My wife and I are working on a 2003 Ford E-350 shuttle bus. It was used for transport along the Oregon coast, which means rust. We got it via government auction for a steal, but it needs a lot of baseline work before we can even think about building.

Here is our dilemma: we discovered very badly applied (but strongly adhered) spray foam when we ripped out the walls and ceiling. We actually want to use Havelock Wool insulation when we get to that stage, but first all this foam has to go. We need to properly treat the water damage that happened on the walls behind it, as well as use rust converter on the whole frame. None of that can happen until the spray foam is out.
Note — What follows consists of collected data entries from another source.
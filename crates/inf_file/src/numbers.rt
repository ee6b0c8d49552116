//! Numbers in decimal and hexadecimal.

ghost use Rattle.std.specs.Prelude.{◌≡◌, ◌<◌, ◌≤◌};
ghost use Rattle.std.specs.Char.{digit_value};
ghost use Rattle.std.specs.Option.{SomeIff};
ghost use Rattle.inf_file.specs.Numbers.{digits, number_of};

/// The value of a digit of a base, in either case.
fn digit(base: u32, unit: u16) -> Option<u32>
    requires least { 2 ≤ base }
    requires most { base ≤ 16 }
    ensures { SomeIff result (digit_value unit < base) (digit_value unit) }
{
    match u8::try_from(unit) {
        Ok(byte) => char::from(byte).to_digit(base),
        Err(_) => None,
    }
}

/// The number below 2^32 that digits of a base stand for.
#[tactic(auto, unfolding(crate::specs::Numbers::digits))]
fn digits(base: u32, text: &[u16]) -> Option<u32>
    requires least { 2 ≤ base }
    requires most { base ≤ 16 }
    ensures { result ≡ digits base text.now }
{
    if text.is_empty() {
        return None;
    }
    let mut value = 0u64;
    for unit in text {
        let Some(digit) = digit(base, *unit) else {
            return None;
        };
        value = value * u64::from(base) + u64::from(digit);
        if value >= 0x1_0000_0000 {
            return None;
        }
    }
    Some(value as u32)
}

/// `0x`.
const HEX: [u16; 2] = [48, 120];

/// The number below 2^32 of a decimal or `0x` text.
#[tactic(auto, unfolding(crate::specs::Numbers::number_of))]
pub fn number_of(text: &[u16]) -> Option<u32>
    ensures { result ≡ number_of text.now }
{
    match text.strip_prefix(&HEX) {
        Some(rest) => digits(16, rest),
        None => digits(10, text),
    }
}
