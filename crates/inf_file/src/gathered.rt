//! The parameters that rows give, and their defaults.

ghost use Rattle.std.specs.Prelude.{◌≡◌, ◌++◌, [], map, IfOk, OnOk};
ghost use Rattle.std.specs.List.{fold, cons_option, filter_map};
ghost use Rattle.std.specs.Option.{option_copied};
ghost use Rattle.inf_file.specs.Keyed.{string_in};
ghost use Rattle.inf_file.specs.Earliest.{earlier_if, earliest};
ghost use Rattle.inf_file.specs.Rows.{with_param, with_default, set_by, default_by, set_some, setting, given_default, bad_saying, is_bad, params_of};
ghost use Rattle.inf_file.specs.Parameters.{unless_bad};
ghost use Rattle.nd_base.specs.Results.{Gives};

use crate::lines::earlier_if;
use crate::param::{Param, ParamRefusal, ParamValue};
use crate::row::{Saying, read_row};
use crate::source::Source;
use indexmap::IndexMap;
use inf_text::{Line, Name};
use nd_base::OutOfMemory;
use std::alloc::Global;
use std::marker::Model;

/// Parameters, each name once, in the order of their first places.
#[derive(Drop)]
pub struct Params {
    table: IndexMap<Name, ParamValue>,
}

impl Model for Params {
    ghost use Rattle.std.specs.Prelude.{List};
    ghost use Rattle.inf_file.specs.declared.param.Param.{Param as Parameter};

    ghost Value = { List Parameter };

    ghost use Rattle.inf_file.specs.Keyed.{params_in};

    ghost view = { λ p. params_in p.table.entries };
}

impl Params {
    /// No parameters.
    fn empty(alloc: Global) -> Params
        ensures { result ≡ [] }
    {
        Params {
            table: IndexMap::new(alloc),
        }
    }

    /// Sets a parameter: one that is there keeps its place and spelling and takes the value.
    #[tactic(auto, using(crate::proofs::ParamLists::inserted))]
    fn set(&mut self, param: Param) -> Result<(), OutOfMemory>
        ensures { OnOk result (self.new ≡ with_param self.old param) }
    {
        let Param { name, value } = param;
        self.table.insert(Name::new(name), value)?;
        Ok(())
    }

    /// Gives a parameter a value where it has none.
    #[tactic(auto, using(crate::proofs::ParamLists::default_new))]
    fn set_default(&mut self, param: Param) -> Result<(), OutOfMemory>
        ensures { OnOk result (self.new ≡ with_default self.old param) }
    {
        let Param { name, value } = param;
        let name = Name::new(name);
        if self.table.contains_key(&name) {
            return Ok(());
        }
        self.table.insert(name, value)?;
        Ok(())
    }

    /// The parameters in their order.
    fn into_list(self, alloc: Global) -> Result<Vec<Param>, OutOfMemory>
        ensures { IfOk result (λ v. v.items ≡ self) }
    {
        let Params { table } = self;
        let mut list = Vec::new(alloc);
        for (name, value) in table {
            let name = name.into_text();
            list.push(Param { name, value })?;
        }
        Ok(list)
    }
}

/// What rows said: the parameters that they set, and the defaults that they gave.
#[derive(Drop)]
struct Gathered {
    set: Params,
    defaults: Vec<Param>,
}

impl Gathered {
    /// What a row says is put to what those before it said. Gives whether its number is none.
    fn add(&mut self, said: Saying) -> Result<bool, OutOfMemory>
        ensures bad { IfOk result (λ b. b ≡ bad_saying said) }
        ensures set { OnOk result (self.new.set ≡ set_some self.old.set (set_by said)) }
        ensures defaults { OnOk result (self.new.defaults.items ≡ self.old.defaults.items ++ cons_option (default_by said) []) }
    {
        match said {
            Saying::Sets(param) => {
                self.set.set(param)?;
                Ok(false)
            }
            Saying::Defaults(param) => {
                self.defaults.push(param)?;
                Ok(false)
            }
            Saying::Nothing => Ok(false),
            Saying::Bad => Ok(true),
        }
    }

    /// Takes a row, behind the first one whose number is none. Gives the first that has none.
    #[tactic(auto, unfolding(crate::specs::Rows::is_bad))]
    fn add_row<'a>(
        &mut self,
        source: &Source,
        bad: Option<&'a Line>,
        row: &'a Line,
    ) -> Result<Option<&'a Line>, OutOfMemory>
        ensures set { OnOk result (self.new.set ≡ setting (string_in source.now.strings.now) self.old.set row.now) }
        ensures defaults { OnOk result (self.new.defaults.items ≡ self.old.defaults.items ++ cons_option (given_default (string_in source.now.strings.now) row.now) []) }
        ensures bad { IfOk result (λ l. option_copied l ≡ earlier_if (is_bad (string_in source.now.strings.now)) (option_copied bad.entry) row.now) }
    {
        let said = read_row(source, row)?;
        Ok(earlier_if(self.add(said)?, bad, row))
    }

    /// Takes rows. Gives the first whose number is none.
    #[tactic(auto, unfolding(crate::specs::Earliest::earliest))]
    fn add_rows<'a>(
        &mut self,
        source: &Source,
        rows: &[&'a Line],
    ) -> Result<Option<&'a Line>, OutOfMemory>
        ensures set { OnOk result (self.new.set ≡ fold (setting (string_in source.now.strings.now)) self.old.set (map (λ l. l.now) rows.now)) }
        ensures defaults { OnOk result (self.new.defaults.items ≡ self.old.defaults.items ++ filter_map (given_default (string_in source.now.strings.now)) (map (λ l. l.now) rows.now)) }
        ensures bad { IfOk result (λ l. option_copied l ≡ earliest (is_bad (string_in source.now.strings.now)) (map (λ l. l.now) rows.now)) }
    {
        let mut bad: Option<&Line> = None;
        for row in rows {
            bad = self.add_row(source, bad, row)?;
        }
        Ok(bad)
    }

    /// The parameters, with the defaults of those that have no value behind them.
    fn into_list(self, alloc: Global) -> Result<Vec<Param>, OutOfMemory>
        ensures { IfOk result (λ v. v.items ≡ fold with_default self.set self.defaults.items) }
    {
        let Gathered { set, defaults } = self;
        let mut params = set;
        for param in defaults {
            params.set_default(param)?;
        }
        params.into_list(alloc)
    }
}

/// The parameters that rows give, or the first row whose number is none.
#[tactic(auto, unfolding(crate::specs::Rows::params_of))]
pub fn params_of(source: &Source, rows: &[&Line]) -> Result<Vec<Param>, ParamRefusal>
    ensures { Gives ParamRefusal.OutOfMemory (λ v. v.items) result (unless_bad (earliest (is_bad (string_in source.now.strings.now)) (map (λ l. l.now) rows.now)) (params_of (string_in source.now.strings.now) (map (λ l. l.now) rows.now))) }
{
    let mut gathered = Gathered {
        set: Params::empty(source.alloc),
        defaults: Vec::new(source.alloc),
    };
    match gathered.add_rows(source, rows)? {
        Some(row) => Err(ParamRefusal::BadValue(row.number())),
        None => Ok(gathered.into_list(source.alloc)?),
    }
}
There are a variety of surfaces behind the foam. Thin wood veneer covering the fiberglass, random metal in some areas, and in other areas (like the ceiling) it's just the fiberglass shell itself. We have been using an oscillating multi-tool to cut through the foam at the edges, and then a rigid paint scraper to pull the foam out by chunks. This works to some extent, but only in the areas with the wood veneer. There's still tons of spray foam in crevices we can't get to, and adhered to the metal framework, and the ceiling. We know pure acetone can dissolve spray foam, but it seems like spraying the entire interior with pure acetone isn't a very practical solution.

Has anyone dealt with this type of spray foam removal? Would you stick with this mess of a bus, or cut and run LOL? We would love any tips. It would be great to just dry ice blast all of it out, which would simultaneously prep our rusty surfaces too, but dry ice blasting is super expensive. We're on a tight budget.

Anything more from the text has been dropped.